■ Records for this task ■
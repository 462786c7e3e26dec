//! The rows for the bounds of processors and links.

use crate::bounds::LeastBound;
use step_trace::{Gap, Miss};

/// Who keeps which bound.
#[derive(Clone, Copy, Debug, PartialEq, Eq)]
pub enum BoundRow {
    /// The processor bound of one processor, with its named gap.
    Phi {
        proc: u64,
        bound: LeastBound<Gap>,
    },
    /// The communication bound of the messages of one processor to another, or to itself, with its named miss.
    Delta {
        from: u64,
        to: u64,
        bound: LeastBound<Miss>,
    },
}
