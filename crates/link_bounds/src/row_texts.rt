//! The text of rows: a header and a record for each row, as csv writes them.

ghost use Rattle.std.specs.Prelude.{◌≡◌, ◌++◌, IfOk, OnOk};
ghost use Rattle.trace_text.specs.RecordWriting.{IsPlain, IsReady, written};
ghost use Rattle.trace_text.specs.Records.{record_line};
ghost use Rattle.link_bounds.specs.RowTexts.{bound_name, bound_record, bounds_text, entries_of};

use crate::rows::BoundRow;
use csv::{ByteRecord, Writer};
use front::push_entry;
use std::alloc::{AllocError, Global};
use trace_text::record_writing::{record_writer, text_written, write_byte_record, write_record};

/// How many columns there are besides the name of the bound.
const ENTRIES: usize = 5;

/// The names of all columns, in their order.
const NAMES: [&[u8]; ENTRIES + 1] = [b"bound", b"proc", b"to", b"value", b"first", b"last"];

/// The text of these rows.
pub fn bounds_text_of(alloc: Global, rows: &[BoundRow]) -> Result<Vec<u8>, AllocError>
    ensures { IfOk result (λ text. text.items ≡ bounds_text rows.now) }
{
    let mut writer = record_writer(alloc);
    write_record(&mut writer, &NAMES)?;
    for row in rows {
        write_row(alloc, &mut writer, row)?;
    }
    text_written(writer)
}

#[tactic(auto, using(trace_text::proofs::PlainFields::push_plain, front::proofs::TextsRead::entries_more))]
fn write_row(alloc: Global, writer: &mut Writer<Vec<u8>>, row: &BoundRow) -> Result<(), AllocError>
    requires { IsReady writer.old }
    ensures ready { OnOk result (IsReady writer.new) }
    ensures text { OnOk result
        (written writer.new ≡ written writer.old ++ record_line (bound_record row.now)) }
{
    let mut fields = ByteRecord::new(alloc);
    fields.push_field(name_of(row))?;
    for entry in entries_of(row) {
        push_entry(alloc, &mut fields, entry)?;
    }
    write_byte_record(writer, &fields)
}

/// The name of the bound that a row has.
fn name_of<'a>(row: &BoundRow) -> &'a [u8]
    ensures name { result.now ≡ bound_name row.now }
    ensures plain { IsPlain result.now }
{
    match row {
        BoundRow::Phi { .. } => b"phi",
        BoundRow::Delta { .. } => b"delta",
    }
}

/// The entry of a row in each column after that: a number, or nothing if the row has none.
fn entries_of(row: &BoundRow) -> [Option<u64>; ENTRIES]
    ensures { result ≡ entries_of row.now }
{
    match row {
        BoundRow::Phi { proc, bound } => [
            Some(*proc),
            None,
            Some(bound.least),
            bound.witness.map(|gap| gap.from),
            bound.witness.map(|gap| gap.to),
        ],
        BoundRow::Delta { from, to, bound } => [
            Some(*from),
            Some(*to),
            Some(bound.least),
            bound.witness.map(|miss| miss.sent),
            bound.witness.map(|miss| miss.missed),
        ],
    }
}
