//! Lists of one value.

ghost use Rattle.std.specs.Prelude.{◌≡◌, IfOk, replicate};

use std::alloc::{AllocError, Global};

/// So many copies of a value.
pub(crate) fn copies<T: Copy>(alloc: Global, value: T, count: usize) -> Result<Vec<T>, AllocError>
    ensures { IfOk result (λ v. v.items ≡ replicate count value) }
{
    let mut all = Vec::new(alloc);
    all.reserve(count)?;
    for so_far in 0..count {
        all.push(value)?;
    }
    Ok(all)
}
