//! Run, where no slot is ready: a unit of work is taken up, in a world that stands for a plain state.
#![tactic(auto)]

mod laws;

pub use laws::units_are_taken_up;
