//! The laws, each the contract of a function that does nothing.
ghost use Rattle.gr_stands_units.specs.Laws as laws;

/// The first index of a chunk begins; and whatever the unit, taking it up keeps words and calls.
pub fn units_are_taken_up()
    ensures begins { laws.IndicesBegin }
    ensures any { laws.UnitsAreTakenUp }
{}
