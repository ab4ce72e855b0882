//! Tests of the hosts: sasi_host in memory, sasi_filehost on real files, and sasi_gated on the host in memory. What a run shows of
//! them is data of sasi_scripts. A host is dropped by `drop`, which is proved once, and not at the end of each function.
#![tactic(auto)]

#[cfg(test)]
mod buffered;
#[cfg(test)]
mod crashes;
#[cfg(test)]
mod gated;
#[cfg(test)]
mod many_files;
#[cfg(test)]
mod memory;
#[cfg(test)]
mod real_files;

■ Your assignment ■
Your answer should be the lines above from the one containing "result ≡ entries_of" through the one containing "ghost use Rattle.gr_stands_units.specs.Laws", copied exactly and with both ends kept.

■ Exercise response ■
    ensures { result ≡ entries_of row.now }
{
    match row {
        BoundRow::Phi { proc, bound } => [
            Some(*proc),
            None,
            Some(bound.least),
            bound.witness.map(|gap| gap.from),
            bound.witness.map(|gap| gap.to),
        ],
        BoundRow::Delta { from, to, bound } => [
            Some(*from),
            Some(*to),
            Some(bound.least),
            bound.witness.map(|miss| miss.sent),
            bound.witness.map(|miss| miss.missed),
        ],
    }
}
//! Lists of one value.

ghost use Rattle.std.specs.Prelude.{◌≡◌, IfOk, replicate};

use std::alloc::{AllocError, Global};

/// So many copies of a value.
pub(crate) fn copies<T: Copy>(alloc: Global, value: T, count: usize) -> Result<Vec<T>, AllocError>
    ensures { IfOk result (λ v. v.items ≡ replicate count value) }
{
    let mut all = Vec::new(alloc);
    all.reserve(count)?;
    for so_far in 0..count {
        all.push(value)?;
    }
    Ok(all)
}
//! Run, where no slot is ready: a unit of work is taken up, in a world that stands for a plain state.
#![tactic(auto)]

mod laws;

pub use laws::units_are_taken_up;
//! The laws, each the contract of a function that does nothing.
ghost use Rattle.gr_stands_units.specs.Laws as laws;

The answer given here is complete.